# DMXGAFF is finally here!



## dvsDave (Apr 1, 2019)

It's been a LONG TIME, but DMXGAFF is coming soon!


----------



## StradivariusBone (Apr 1, 2019)

My favorite part- "The DMX start address is factory set to a random number between 001 and 512. Therefore, since the DMX address is unknown to the user, an entire DMX Universe is consumed."


----------



## JohnD (Apr 1, 2019)

Will there be a 3pin DMX Duct tape version?

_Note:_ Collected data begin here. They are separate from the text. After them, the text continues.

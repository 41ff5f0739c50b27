//! Looks up regions and contents.
ghost use Rattle.std.specs.Prelude.{◌≡◌, ◌≢◌, ◌+◌, ◌-◌, ◌^◌, ◌<◌, ◌≤◌, true, is_some, IsTrue, IfSome, IfNone, IfOk, length, [], false};
ghost use Rattle.std.specs.List.{AllByRecursion};
ghost use Rattle.std.specs.Int.{w16, w32, w64};
ghost use Rattle.vub_mem.specs.Halving.{StandsAt, IsRegionAt};
ghost use Rattle.vub_mem.specs.Place.{region_of, covers, content_of, byte_at, bytes_at, number_at, with_bytes, write_at};
ghost use Rattle.vub_mem.specs.Sound.{IsApart, IsBounded, IsSound};
ghost use Rattle.vub_mem.specs.PlaceAt.{place_at, RunsOn};
ghost use Rattle.vub_mem.specs.Found.{IsFound, IsLocated};

use crate::numbered::Contents;
use crate::place::Place;
use crate::region::Region;
use crate::starts::stand;
use std::alloc::{AllocError, Global};

/// The region of this place, where it holds the address. No other can.
pub(crate) fn region_on(regions: &[Region], place: usize, addr: u64) -> Option<&Region>
    requires bounded { AllByRecursion IsBounded regions.now }
    requires stands { StandsAt regions.now addr place }
    ensures found { IfSome result (λ r. IsFound regions.now addr r.now) }
    ensures place { IfSome result (λ r. IsRegionAt regions.now place r.now) }
    ensures none { IfNone result (region_of regions.now addr ≡ None) }
{
    if place < regions.len() && regions[place].holds(addr) {
        Some(&regions[place])
    } else {
        None
    }
}

/// The region that holds the address.
pub(crate) fn region_at(regions: &[Region], addr: u64) -> Option<&Region>
    requires bounded { AllByRecursion IsBounded regions.now }
    requires apart { IsApart regions.now }
    ensures found { IfSome result (λ r. IsFound regions.now addr r.now) }
    ensures none { IfNone result (region_of regions.now addr ≡ None) }
{
    match region_on(regions, stand(regions, addr), addr) {
        Some(region) => Some(region),
        None => None,
    }
}

/// Where an address lies, if it lies in a region.
#[tactic(auto, using(crate::proofs::Chunks::runs_on))]
pub(crate) fn place_in(regions: &[Region], addr: u64) -> Option<Place>
    requires bounded { AllByRecursion IsBounded regions.now }
    requires apart { IsApart regions.now }
    ensures value { result ≡ place_at regions.now addr }
    ensures some { IfSome result (λ p. 0 < p.left) }
    ensures run { IfSome result (RunsOn regions.now addr) }
    ensures ends { IfSome result (λ p. addr + p.left < 2 ^ 64) }
{
    match region_at(regions, addr) {
        None => None,
        Some(region) => Some(Place {
            object: region.object,
            offset: region.offset + (addr - region.start),
            left: region.len - (addr - region.start),
        }),
    }
}

/// Whether each address of the range lies in a region. Only the region of this place can hold the first.
pub(crate) fn covers_from(regions: &[Region], place: usize, addr: u64, len: u64) -> bool
    requires bounded { AllByRecursion IsBounded regions.now }
    requires apart { IsApart regions.now }
    requires stands { StandsAt regions.now addr place }
    ensures value { result ≡ covers regions.now addr len }
    ensures bound { IsTrue result → addr + len < 2 ^ 64 }
{
    let mut on = place;
    let mut at = addr;
    let mut left = len;
    while left > 0 {
        match region_on(regions, on, at) {
            None => return false,
            Some(region) => {
                let here = region.len - (at - region.start);
                if left <= here {
                    return true;
                }
                on += 1;
                at += here;
                left -= here;
            }
        }
    }
    true
}

/// Whether each address of the range lies in a region.
pub(crate) fn covers_range(regions: &[Region], addr: u64, len: u64) -> bool
    requires bounded { AllByRecursion IsBounded regions.now }
    requires apart { IsApart regions.now }
    ensures value { result ≡ covers regions.now addr len }
    ensures bound { IsTrue result → addr + len < 2 ^ 64 }
{
    covers_from(regions, stand(regions, addr), addr, len)
}

/// The address `offset` behind `base`, where a range from it on is covered.
pub(crate) fn locate_range(regions: &[Region], base: u64, offset: u64, len: u64) -> Option<u64>
    requires bounded { AllByRecursion IsBounded regions.now }
    requires apart { IsApart regions.now }
    requires some { 0 < len }
    ensures some { IfSome result (IsLocated regions.now base offset len) }
    ensures none { IfNone result (covers regions.now (base + offset) len ≡ false) }
{
    match base.checked_add(offset) {
        None => None,
        Some(at) => {
            if covers_range(regions, at, len) {
                Some(at)
            } else {
                None
            }
        }
    }
}

/// The byte at an address, or 0 outside of all regions.
pub(crate) fn byte(regions: &[Region], contents: &Contents, addr: u64) -> u8
    requires { IsSound (record { regions = regions.now; contents = contents.now }) }
    ensures { result ≡ byte_at (record { regions = regions.now; contents = contents.now }) addr }
{
    match region_at(regions, addr) {
        None => 0,
        Some(region) => {
            let bytes = contents.bytes(region.object);
            let place = region.offset + (addr - region.start);
            bytes[place as usize]
        }
    }
}

/// Fills the slice with the bytes from an address on, one by one.
fn read_each(regions: &[Region], contents: &Contents, addr: u64, out: &mut [u8])
    requires sound { IsSound (record { regions = regions.now; contents = contents.now }) }
    requires bound { addr + length out.old < 2 ^ 64 }
    ensures { out.new ≡ bytes_at (record { regions = regions.now; contents = contents.now }) addr (length out.old) }
{
    for i in 0..out.len() {
        out[i] = byte(regions, contents, addr + i as u64);
    }
}

/// The bytes from an address on, which lie in this region of it.
fn region_part<'a>(
    regions: &[Region],
    contents: &'a Contents,
    region: &Region,
    addr: u64,
    len: u64,
) -> &'a [u8]
    requires sound { IsSound (record { regions = regions.now; contents = contents.now }) }
    requires found { IsFound regions.now addr region.now }
    requires fits { len ≤ region.now.len - (addr - region.now.start) }
    ensures bytes { result.now ≡ bytes_at (record { regions = regions.now; contents = contents.now }) addr len }
    ensures len { length result.now ≡ len }
{
    let content = contents.bytes(region.object);
    let place = region.offset + (addr - region.start);
    let (_, behind) = content.split_at(place as usize);
    let (part, _) = behind.split_at(len as usize);
    part
}

/// The bytes from an address on, if they lie in one region.
fn part_at<'a>(regions: &[Region], contents: &'a Contents, addr: u64, len: u64) -> Option<&'a [u8]>
    requires sound { IsSound (record { regions = regions.now; contents = contents.now }) }
    ensures bytes { IfSome result (λ s. s.now ≡ bytes_at (record { regions = regions.now; contents = contents.now })
        addr len) }
    ensures len { IfSome result (λ s. length s.now ≡ len) }
{
    match region_at(regions, addr) {
        None => None,
        Some(region) => {
            if len > region.len - (addr - region.start) {
                return None;
            }
            Some(region_part(regions, contents, region, addr, len))
        }
    }
}

/// Fills the slice with the bytes from an address on.
pub(crate) fn read_into(regions: &[Region], contents: &Contents, addr: u64, out: &mut [u8])
    requires sound { IsSound (record { regions = regions.now; contents = contents.now }) }
    requires bound { addr + length out.old < 2 ^ 64 }
    ensures { out.new ≡ bytes_at (record { regions = regions.now; contents = contents.now }) addr (length out.old) }
{
    match part_at(regions, contents, addr, out.len() as u64) {
        None => read_each(regions, contents, addr, out),
        Some(part) => out.copy_from_slice(part),
    }
}

/// Writes the bytes of a covered range, a region at a time. Only the region of this place can hold the first address.
pub(crate) fn write_from(
    regions: &[Region],
    contents: &mut Contents,
    place: usize,
    addr: u64,
    bytes: &[u8],
)
    requires sound { IsSound (record { regions = regions.now; contents = contents.old }) }
    requires stands { StandsAt regions.now addr place }
    requires covered { covers regions.now addr (length bytes.now) ≡ true }
    requires bound { addr + length bytes.now < 2 ^ 64 }
    ensures sound { IsSound (record { regions = regions.now; contents = contents.new }) }
    ensures written { record {
      regions = regions.now;
      contents = contents.new;
    } ≡ write_at (record { regions = regions.now; contents = contents.old }) addr
        bytes.now }
{
    let mut on = place;
    let mut at = addr;
    let mut rest = bytes;
    while !rest.is_empty() {
        match region_on(regions, on, at) {
            None => unreachable!(),
            Some(region) => {
                let here = (region.len - (at - region.start)).min(rest.len() as u64);
                let (chunk, after) = rest.split_at(here as usize);
                let offset = region.offset + (at - region.start);
                contents.store(region.object, offset as usize, chunk);
                on += 1;
                at += here;
                rest = after;
            }
        }
    }
}

#[tactic(auto, unfolding(crate::specs::Place::number_at))]
pub(crate) fn u16_at(regions: &[Region], contents: &Contents, addr: u64) -> u16
    requires sound { IsSound (record { regions = regions.now; contents = contents.now }) }
    requires bound { addr + 2 < 2 ^ 64 }
    ensures { result ≡ number_at w16 (record { regions = regions.now; contents = contents.now }) addr }
{
    let mut bytes = [0; 2];
    read_into(regions, contents, addr, &mut bytes);
    u16::from_le_bytes(bytes)
}

#[tactic(auto, unfolding(crate::specs::Place::number_at))]
pub(crate) fn u32_at(regions: &[Region], contents: &Contents, addr: u64) -> u32
    requires sound { IsSound (record { regions = regions.now; contents = contents.now }) }
    requires bound { addr + 4 < 2 ^ 64 }
    ensures { result ≡ number_at w32 (record { regions = regions.now; contents = contents.now }) addr }
{
    let mut bytes = [0; 4];
    read_into(regions, contents, addr, &mut bytes);
    u32::from_le_bytes(bytes)
}

#[tactic(auto, unfolding(crate::specs::Place::number_at))]
pub(crate) fn u64_at(regions: &[Region], contents: &Contents, addr: u64) -> u64
    requires sound { IsSound (record { regions = regions.now; contents = contents.now }) }
    requires bound { addr + 8 < 2 ^ 64 }
    ensures { result ≡ number_at w64 (record { regions = regions.now; contents = contents.now }) addr }
{
    let mut bytes = [0; 8];
    read_into(regions, contents, addr, &mut bytes);
    u64::from_le_bytes(bytes)
}

/// The bytes from an address on that lie in the region of this place, at most `left`. No other can hold the address.
fn chunk_on<'a>(
    regions: &[Region],
    contents: &'a Contents,
    place: usize,
    at: u64,
    left: u64,
) -> &'a [u8]
    requires sound { IsSound (record { regions = regions.now; contents = contents.now }) }
    requires stands { StandsAt regions.now at place }
    requires covered { is_some (region_of regions.now at) ≡ true }
    requires some { 0 < left }
    ensures bytes { result.now ≡ bytes_at (record { regions = regions.now; contents = contents.now }) at
        (length result.now) }
    ensures some { 0 < length result.now }
    ensures fits { length result.now ≤ left }
    ensures next { length result.now < left → StandsAt regions.now (at + length result.now) (place + 1) }
    ensures within { place < length regions.now }
{
    match region_on(regions, place, at) {
        None => unreachable!(),
        Some(region) => {
            let here = (region.len - (at - region.start)).min(left);
            region_part(regions, contents, region, at, here)
        }
    }
}

/// The bytes of a covered range, a region at a time.
pub(crate) fn read_range(
    alloc: Global,
    regions: &[Region],
    contents: &Contents,
    addr: u64,
    len: u64,
) -> Result<Vec<u8>, AllocError>
    requires sound { IsSound (record { regions = regions.now; contents = contents.now }) }
    requires covered { covers regions.now addr len ≡ true }
    requires bound { addr + len < 2 ^ 64 }
    ensures { IfOk result (λ v. v.items ≡ bytes_at (record { regions = regions.now; contents = contents.now }) addr
        len) }
{
    let mut bytes = Vec::new(alloc);
    let mut on = stand(regions, addr);
    let mut at = addr;
    let mut left = len;
    while left > 0 {
        let chunk = chunk_on(regions, contents, on, at, left);
        bytes.extend_from_slice(chunk)?;
        on += 1;
        at += chunk.len() as u64;
        left -= chunk.len() as u64;
    }
    Ok(bytes)
}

EDIT: Oh and maybe a Dante board tape?


----------



## cbrandt (Apr 1, 2019)

We have stock*, call in for quotes!

https://www.facebook.com/plugins/po...aseelighting/posts/2869856679698929&width=500



*All quotes subject to availability. Actual stock numbers are 0. Expected ship date: ??? Actual pricing: ??? Please check back tomorrow...


----------



## techteama (Apr 1, 2019)

cbrandt said:


> We have stock*, call in for quotes!
> 
> https://www.facebook.com/plugins/post.php?href=https://www.facebook.com/Fantaseelighting/posts/2869856679698929&width=500
> 
> ...



Are you selling a knock off or the real thing? Your price is MUCH cheaper than the vendor. Doug Fleenor Design has it listed at $512. I don't see it listed yet at Production Advantage. I'm just a little leery of your pricing.
I was in a theater that was beta testing this but it was kept under heavy wraps. I got to see it from across the stage. I didn't get to touch it myself. Looking forwarding to getting my first roll.


----------



## cbrandt (Apr 1, 2019)

Awww, geez. Silly social media manager missed 2 zeroes. That's the cost for our special 8 unit case.


----------



## jfleenor (Apr 1, 2019)

It must be real, we put it on the front page of our website!

www.dfd.com


----------



## Colin Bishop (Apr 1, 2019)

jfleenor said:


> It must be real, we put it on the front page of our website!
> 
> www.dfd.com


 
Can we expect to see an artnet version any time soon? I can see myself and others filling up a single universe very quickly with this.


----------



## jfleenor (Apr 1, 2019)

Colin Bishop said:


> Can we expect to see an artnet version any time soon? I can see myself and others filling up a single universe very quickly with this.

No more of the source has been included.